Focus on core assets to drive returns
While continued lower oil prices will shape profitability in some areas, US Energy Information Administration's Adam Sieminski said earlier in December that oil prices are "expected to remain high enough in 2015 to support new drilling in the major shale areas in North Dakota and Texas."

Continental is a key player in the Bakken, and the company expects to complete 188 net wells targeting an increased average estimated ultimate recovery (EUR) of 800,000 boe per well. Completed well cost estimates are expected to average at least 15% below 2014 averages as service costs adjust to lower commodity prices. 

Citing these "aggressive assumptions," Wunderlich Securities analysts noted "the increased EURs and lower OFS cost assumptions certainly play major factors in these changes. These are still to be seen, and likely can have an impact, but with them baked in already we feel there is minimal upside to the figures."

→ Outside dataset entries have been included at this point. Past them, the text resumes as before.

//! Laws on the numbers of all reasons, for proofs of callers. Each function does nothing, and its
//! caller knows what it ensures.
ghost use Rattle.std.specs.Prelude.{◌≡◌, ◌<◌};
ghost use Rattle.cfgx_syntax.specs.Error.{Cause, cause_members, cause_number, cause_terms};
ghost use Rattle.cfgx_syntax.specs.Terms.{HasNumberedTerms, Terms, list_number, terms_number};

/// Two reasons with the same number, the same number of members and the same terms are the same.
pub fn reasons_have_different_numbers()
    ensures { (one : Cause) (other : Cause) → cause_number one ≡ cause_number other
        → cause_members one ≡ cause_members other → cause_terms one ≡ cause_terms other
        → one ≡ other }
{}

/// Different lists of terms have different numbers, if they have a number above 0.
pub fn lists_have_different_numbers()
    ensures { (one : Terms) (other : Terms) → 0 < list_number one
        → list_number one ≡ list_number other → one ≡ other }
{}

/// The three numbers that a caller in C has of a reason say which it is, if its list of terms has a
/// number.
pub fn numbers_name_the_reason()
    ensures { (one : Cause) (other : Cause) → HasNumberedTerms one → HasNumberedTerms other
        → cause_number one ≡ cause_number other → cause_members one ≡ cause_members other
        → terms_number one ≡ terms_number other → one ≡ other }
{}
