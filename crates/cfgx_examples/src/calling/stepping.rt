//! A condition that is compiled once and evaluated many times.
use cfg_expr::Expression;
use cfg_expr::expr::{StepsError, eval_steps};
use std::alloc::Global;

/// Returns the number of the first list of answers over which the condition is true. The answers
/// of a list are in the order of `predicates`.
pub fn first_true(
    alloc: Global,
    condition: &Expression,
    lists: &[&[bool]],
) -> Result<Option<usize>, StepsError> {
    let steps = condition.steps(alloc)?;
    for (number, answers) in lists.iter().enumerate() {
        if eval_steps(alloc, steps.as_slice(), answers)? {
            return Ok(Some(number));
        }
    }
    Ok(None)
}
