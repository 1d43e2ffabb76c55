//! The values of conditions on a target that a compiler describes, and what the pages show of a
//! manifest.
use cfg_expr::error::Failure;
use cfgx_engine::resolve::{AuditError, Facts, Otherwise, audit_facts};
use std::alloc::Global;
use std::slice::from_ref;

/// Returns the value of each condition on the target of which `rustc --print cfg` prints `lines`.
/// A feature or a flag that no line names is unknown, and `None` is an unknown value.
pub fn values_on(
    alloc: Global,
    conditions: &[&str],
    lines: &str,
) -> Result<Vec<Option<bool>>, Failure> {
    let lines: Vec<&str> = lines.lines().collect(alloc)?;
    let target = Facts::from_rustc(alloc, lines.as_slice())?;
    match audit_facts(alloc, conditions, from_ref(&target), Otherwise::Unknown) {
        Ok(values) => Ok(values),
        Err(AuditError { failure, .. }) => Err(failure),
    }
}

/// The input on the page. `.ci/pages` compares the blocks of text there with these constants.
pub const SECTIONS: &str = "objc2\tcfg(all(target_vendor = \"apple\", not(loom)))\n\
    notify\tcfg(any(windows, target_os = \"macos\"))\n\
    loom\tcfg(loom)\n\
    libc\tcfg(unix)\n\
    signal-hook\tcfg(unix)\n";

/// The output of `pick` for `SECTIONS` on the simulator.
pub const VERDICTS: &str = "objc2\tunknown\n\
    \ttrue with 01\n\
    \tfalse with 11\n\
    notify\tno\n\
    loom\tunknown\n\
    \ttrue with 1\n\
    \tfalse with 0\n\
    libc\tyes\n\
    signal-hook\tyes\n";

/// The predicates of the condition in README.
pub const ORDER: &str = "b\na\nc\n";

/// The predicates of the condition of `objc2`.
pub const PREDICATES: &str = "loom\ntarget_vendor = \"apple\"\n";
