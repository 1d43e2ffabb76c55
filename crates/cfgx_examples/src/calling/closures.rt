//! A contract on the value.
ghost use Rattle.std.specs.Prelude.{IfOk, true};
ghost use Rattle.cfg_expr.specs.Evaluation.{IsValueBy};

use cfg_expr::expr::Logic;
use cfg_expr::{Expression, Predicate};
use std::alloc::{AllocError, Global};

/// Returns the value if every predicate is true.
pub fn if_all_true(alloc: Global, expression: &Expression) -> Result<bool, AllocError>
    ensures { IfOk result (IsValueBy ⟦<bool as Logic>⟧ expression.now (λ _. true)) }
{
    expression.eval(alloc, &mut |_predicate: &Predicate<'_>| true)
}
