//! Adapters over the predicates.
use cfg_expr::{Expression, Predicate};

fn is_test(predicate: Predicate<'_>) -> bool {
    matches!(predicate, Predicate::Test)
}

/// Returns whether a condition asks for a test.
pub fn asks_for_tests(expression: &Expression) -> bool {
    expression.predicates().any(is_test)
}

/// Returns the first flag that a condition asks for.
pub fn first_flag(expression: &Expression) -> Option<Predicate<'_>> {
    expression
        .predicates()
        .find(|predicate| matches!(predicate, Predicate::Flag(_)))
}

Considering the current 2015-2016 strip, Stifel analysts project Continental will "outspend 2015 and 2016 cash flow by $600 million and $100 million, respectively, which is based on 2015 guidance and a flat budget and 5% y/y growth in 2016. Under this scenario, we project CLR's balance sheet will remain strong and exit 2015 and 2016 with debt/TTM EBITDA ratios of 2.6x and 2.3x and liquidity of $1.2B and $1.0B, respectively. We estimate oil would have to average $70/bl for CLR to achieve cash flow neutrality in 2015."

Overall, the company’s cash flow has fallen along with the underlying commodity and the company's previous decision to monetize its hedges has led to the drastic cuts in 2015 capex, said Stifel analysts, however, they noted, "we see meaningful long-term upside should oil move toward our long-term forecast of $80/bl."